Market sentiment shifted to reflect a more motivated and confident market due to the recent OCR review and the lower interest rates. Local agents report the property market in Canterbury as ticking along steadily and predict the holiday period will cause market activity to slow down. They are excited to see what the 2025 year will bring.” (REINZ).

The current median Days to Sell of 37 days is more than the 10-year average for November which is 32 days. There were 15 weeks of inventory in November 2024 which is the same as the same time last year.


Regional Analysis - Otago

Dunedin City - Dunedin’s median price increased by 1.8% year-on-year to $607,500.

First-home buyers were the most active buyer group, with slow activity from investors reported. Vendors’ price expectations were realistic and in line with market expectations. However, with decreasing interest rates, there might be a change as buyers could be expected to pay more, possibly next year. Attendance at open homes was good for properties priced and presented correctly. Activity at auctions increased week by week.

Factors like lower interest rates, the lead-up to Christmas, and no issues obtaining finance for some buyers influenced market sentiment, which local salespeople say has been relatively active considering the cost of living. Local agents are cautiously optimistic that their market will continue to be busy up until Christmas and gain further momentum in January. The summer months may bring positivity, and as interest rates drop further, it may bring increased activity.” (REINZ).


Queenstown Lakes

“Owner-occupiers and first home buyers were the most active in the market, with local agents hopeful more investors will enter the market as the OCR reductions continue. Vendors still want the best price for their property, and there was an evident gap between both parties. However, as the stock increases around Central Lakes, vendors will most likely accept the best on the day. Attendance at open homes remained steady as more buyers entered the market. Auction room attendance and sales rates followed a similar trend to last month. However, buyers were more interested in unique properties or properties for sale in areas with little stock.

Local salespeople note that market sentiment didn’t change much in November. Lenders and mortgage brokers were all very busy with new and existing applications as people chose to reapply after recent interest rates deductions. Local agents also suggest that it’s leading up to be the perfect buyer and investor market approaching in early 2025.” (REINZ).

The current median Days to Sell of 45 days is much more than the 10-year average for November which is 32 days.
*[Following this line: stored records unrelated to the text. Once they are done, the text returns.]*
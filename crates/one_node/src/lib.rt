//! The run of a job on one node.
#![tactic(auto)]

mod begin;
mod fault;
mod laws;
mod run;
mod turn;

pub use fault::RunFault;
pub use laws::runs_end_once;
pub use run::{evaluate, evaluate_counted};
There were 21 weeks of inventory in November 2024 which is 5 weeks more than the same time last year.


Regional Analysis - Southland

The median price for Southland increased by 17.7% year-on-year to $518,000 – a record-high median price for the region.

“In Southland, the most active buyer groups were first home buyers and owner-occupiers, with a decline of investors reported. Vendor expectations regarding price were realistic. However, more choices were available for buyers, so vendors were negotiating with buyers carefully. Attendance at open homes was good, especially for new listings. Older listings were getting attention if prices were reduced. Auction room attendance saw 1 to 2 bidders for each auction.

Market sentiment had a positive outlook with interest rates declining and plenty of stock available; it has been an honest market. Local salespeople predict that over the coming months, into 2025, there will be increased positivity as rates continue to reduce, bringing more buyers willing to transact.” (REINZ).

The current median Days to Sell of 41 days is much more than the 10-year average for November which is 29 days. There were 18 weeks of inventory in November 2024 which is the same as the same time last year.